• Task prompt:
The required output is every line from the beginning of the entries below through the line that includes "pub fn count(&self, place: &Place) -> u8", copied exactly.

• Collected data:
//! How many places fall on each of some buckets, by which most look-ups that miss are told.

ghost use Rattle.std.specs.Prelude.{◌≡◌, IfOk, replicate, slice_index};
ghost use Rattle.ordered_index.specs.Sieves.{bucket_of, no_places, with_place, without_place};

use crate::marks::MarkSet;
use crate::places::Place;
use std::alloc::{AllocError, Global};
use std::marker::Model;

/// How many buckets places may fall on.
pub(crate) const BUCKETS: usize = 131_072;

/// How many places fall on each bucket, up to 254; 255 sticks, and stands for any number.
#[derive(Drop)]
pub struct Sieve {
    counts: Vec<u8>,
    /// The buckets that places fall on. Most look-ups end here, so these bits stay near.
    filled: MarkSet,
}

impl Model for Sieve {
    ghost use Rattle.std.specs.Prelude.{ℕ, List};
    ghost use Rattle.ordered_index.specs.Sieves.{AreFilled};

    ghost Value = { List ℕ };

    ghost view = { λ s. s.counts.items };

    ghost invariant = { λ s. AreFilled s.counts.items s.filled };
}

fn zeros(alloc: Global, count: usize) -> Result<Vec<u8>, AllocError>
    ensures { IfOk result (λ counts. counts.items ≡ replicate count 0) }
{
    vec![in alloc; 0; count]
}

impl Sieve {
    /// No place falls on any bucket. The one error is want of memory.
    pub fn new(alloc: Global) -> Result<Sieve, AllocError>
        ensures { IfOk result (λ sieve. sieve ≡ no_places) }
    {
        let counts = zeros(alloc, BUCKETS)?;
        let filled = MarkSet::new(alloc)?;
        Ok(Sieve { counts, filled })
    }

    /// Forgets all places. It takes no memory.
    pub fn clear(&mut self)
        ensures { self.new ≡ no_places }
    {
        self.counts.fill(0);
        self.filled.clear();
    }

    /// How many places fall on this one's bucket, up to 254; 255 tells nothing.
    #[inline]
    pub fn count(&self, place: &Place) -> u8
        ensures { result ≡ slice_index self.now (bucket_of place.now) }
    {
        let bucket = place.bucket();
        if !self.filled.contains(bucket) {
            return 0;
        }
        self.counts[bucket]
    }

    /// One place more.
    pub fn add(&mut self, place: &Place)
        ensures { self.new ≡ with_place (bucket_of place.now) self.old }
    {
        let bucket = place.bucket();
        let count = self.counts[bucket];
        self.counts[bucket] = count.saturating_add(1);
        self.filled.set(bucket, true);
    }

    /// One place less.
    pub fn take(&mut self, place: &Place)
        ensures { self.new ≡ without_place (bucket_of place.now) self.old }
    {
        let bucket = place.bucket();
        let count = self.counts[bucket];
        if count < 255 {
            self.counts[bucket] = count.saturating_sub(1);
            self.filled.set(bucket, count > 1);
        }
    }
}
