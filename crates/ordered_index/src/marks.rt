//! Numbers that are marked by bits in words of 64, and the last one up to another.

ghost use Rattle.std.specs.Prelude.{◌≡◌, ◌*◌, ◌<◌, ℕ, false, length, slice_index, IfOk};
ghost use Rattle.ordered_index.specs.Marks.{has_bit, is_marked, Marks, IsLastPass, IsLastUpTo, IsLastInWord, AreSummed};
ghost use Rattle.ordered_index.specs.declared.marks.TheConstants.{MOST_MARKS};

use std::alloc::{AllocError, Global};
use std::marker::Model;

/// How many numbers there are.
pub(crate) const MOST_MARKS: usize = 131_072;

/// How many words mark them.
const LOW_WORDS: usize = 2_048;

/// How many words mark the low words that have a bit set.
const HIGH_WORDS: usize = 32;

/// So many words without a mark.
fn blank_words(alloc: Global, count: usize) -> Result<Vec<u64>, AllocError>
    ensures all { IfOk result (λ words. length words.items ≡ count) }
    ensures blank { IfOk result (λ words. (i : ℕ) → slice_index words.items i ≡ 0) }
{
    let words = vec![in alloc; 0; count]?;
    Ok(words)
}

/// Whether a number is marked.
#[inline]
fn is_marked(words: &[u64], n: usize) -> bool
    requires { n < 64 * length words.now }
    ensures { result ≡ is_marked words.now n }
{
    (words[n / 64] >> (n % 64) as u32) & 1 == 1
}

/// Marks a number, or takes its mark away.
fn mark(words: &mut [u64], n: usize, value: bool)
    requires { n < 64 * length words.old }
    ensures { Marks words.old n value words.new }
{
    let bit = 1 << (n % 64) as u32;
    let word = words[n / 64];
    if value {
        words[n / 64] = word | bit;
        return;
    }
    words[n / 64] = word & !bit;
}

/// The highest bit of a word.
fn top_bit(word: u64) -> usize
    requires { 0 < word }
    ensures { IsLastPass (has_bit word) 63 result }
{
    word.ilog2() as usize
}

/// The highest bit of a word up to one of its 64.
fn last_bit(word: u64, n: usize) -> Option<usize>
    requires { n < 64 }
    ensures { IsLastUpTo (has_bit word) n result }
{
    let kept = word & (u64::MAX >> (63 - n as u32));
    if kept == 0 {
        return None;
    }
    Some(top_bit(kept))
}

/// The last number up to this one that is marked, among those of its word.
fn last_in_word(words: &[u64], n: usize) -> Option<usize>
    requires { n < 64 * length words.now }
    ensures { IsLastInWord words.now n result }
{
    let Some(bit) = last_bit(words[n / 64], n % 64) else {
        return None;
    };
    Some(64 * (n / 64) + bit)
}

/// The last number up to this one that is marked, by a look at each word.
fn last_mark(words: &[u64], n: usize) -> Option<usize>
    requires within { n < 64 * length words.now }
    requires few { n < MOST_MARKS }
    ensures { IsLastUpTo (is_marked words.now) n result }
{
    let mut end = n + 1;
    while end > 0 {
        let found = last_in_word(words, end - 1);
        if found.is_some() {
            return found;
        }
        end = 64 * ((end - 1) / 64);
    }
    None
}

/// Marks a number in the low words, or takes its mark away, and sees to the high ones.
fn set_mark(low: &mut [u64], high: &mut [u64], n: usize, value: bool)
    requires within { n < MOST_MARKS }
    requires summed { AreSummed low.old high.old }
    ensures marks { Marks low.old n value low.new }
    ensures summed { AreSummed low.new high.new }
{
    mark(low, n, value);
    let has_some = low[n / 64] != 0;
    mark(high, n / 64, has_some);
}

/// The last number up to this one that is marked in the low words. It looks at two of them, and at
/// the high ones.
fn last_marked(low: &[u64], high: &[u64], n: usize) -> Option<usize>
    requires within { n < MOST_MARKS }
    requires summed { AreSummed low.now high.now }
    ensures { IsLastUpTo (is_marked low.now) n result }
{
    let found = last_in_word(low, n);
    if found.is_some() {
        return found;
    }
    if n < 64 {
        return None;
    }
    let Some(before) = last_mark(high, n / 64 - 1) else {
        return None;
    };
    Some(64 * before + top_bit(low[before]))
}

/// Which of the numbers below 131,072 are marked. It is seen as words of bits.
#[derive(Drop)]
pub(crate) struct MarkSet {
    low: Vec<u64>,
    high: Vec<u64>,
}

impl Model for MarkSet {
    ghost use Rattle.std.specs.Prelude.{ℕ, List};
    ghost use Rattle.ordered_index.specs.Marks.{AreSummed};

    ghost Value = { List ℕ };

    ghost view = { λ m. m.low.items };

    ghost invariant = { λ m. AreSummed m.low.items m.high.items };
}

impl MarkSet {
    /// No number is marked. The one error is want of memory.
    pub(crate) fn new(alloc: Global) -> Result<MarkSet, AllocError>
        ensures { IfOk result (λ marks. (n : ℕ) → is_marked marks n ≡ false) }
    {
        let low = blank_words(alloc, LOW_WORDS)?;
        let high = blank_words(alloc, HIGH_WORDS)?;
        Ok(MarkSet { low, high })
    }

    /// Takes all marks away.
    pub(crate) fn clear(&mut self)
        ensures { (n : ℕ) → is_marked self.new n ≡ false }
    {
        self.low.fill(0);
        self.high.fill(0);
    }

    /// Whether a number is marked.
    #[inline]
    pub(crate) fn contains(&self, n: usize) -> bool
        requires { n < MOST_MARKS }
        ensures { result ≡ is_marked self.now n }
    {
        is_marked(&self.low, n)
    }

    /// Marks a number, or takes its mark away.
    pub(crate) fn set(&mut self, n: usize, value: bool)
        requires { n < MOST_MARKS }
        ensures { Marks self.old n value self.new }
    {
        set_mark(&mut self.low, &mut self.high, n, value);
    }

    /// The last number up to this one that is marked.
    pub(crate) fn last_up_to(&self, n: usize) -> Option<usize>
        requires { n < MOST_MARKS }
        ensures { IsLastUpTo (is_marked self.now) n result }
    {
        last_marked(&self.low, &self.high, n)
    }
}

• Answer section:
//! How many places fall on each of some buckets, by which most look-ups that miss are told.

ghost use Rattle.std.specs.Prelude.{◌≡◌, IfOk, replicate, slice_index};
ghost use Rattle.ordered_index.specs.Sieves.{bucket_of, no_places, with_place, without_place};

use crate::marks::MarkSet;
use crate::places::Place;
use std::alloc::{AllocError, Global};
use std::marker::Model;

/// How many buckets places may fall on.
pub(crate) const BUCKETS: usize = 131_072;

/// How many places fall on each bucket, up to 254; 255 sticks, and stands for any number.
#[derive(Drop)]
pub struct Sieve {
    counts: Vec<u8>,
    /// The buckets that places fall on. Most look-ups end here, so these bits stay near.
    filled: MarkSet,
}

impl Model for Sieve {
    ghost use Rattle.std.specs.Prelude.{ℕ, List};
    ghost use Rattle.ordered_index.specs.Sieves.{AreFilled};

    ghost Value = { List ℕ };

    ghost view = { λ s. s.counts.items };

    ghost invariant = { λ s. AreFilled s.counts.items s.filled };
}

fn zeros(alloc: Global, count: usize) -> Result<Vec<u8>, AllocError>
    ensures { IfOk result (λ counts. counts.items ≡ replicate count 0) }
{
    vec![in alloc; 0; count]
}

impl Sieve {
    /// No place falls on any bucket. The one error is want of memory.
    pub fn new(alloc: Global) -> Result<Sieve, AllocError>
        ensures { IfOk result (λ sieve. sieve ≡ no_places) }
    {
        let counts = zeros(alloc, BUCKETS)?;
        let filled = MarkSet::new(alloc)?;
        Ok(Sieve { counts, filled })
    }

    /// Forgets all places. It takes no memory.
    pub fn clear(&mut self)
        ensures { self.new ≡ no_places }
    {
        self.counts.fill(0);
        self.filled.clear();
    }

    /// How many places fall on this one's bucket, up to 254; 255 tells nothing.
    #[inline]
    pub fn count(&self, place: &Place) -> u8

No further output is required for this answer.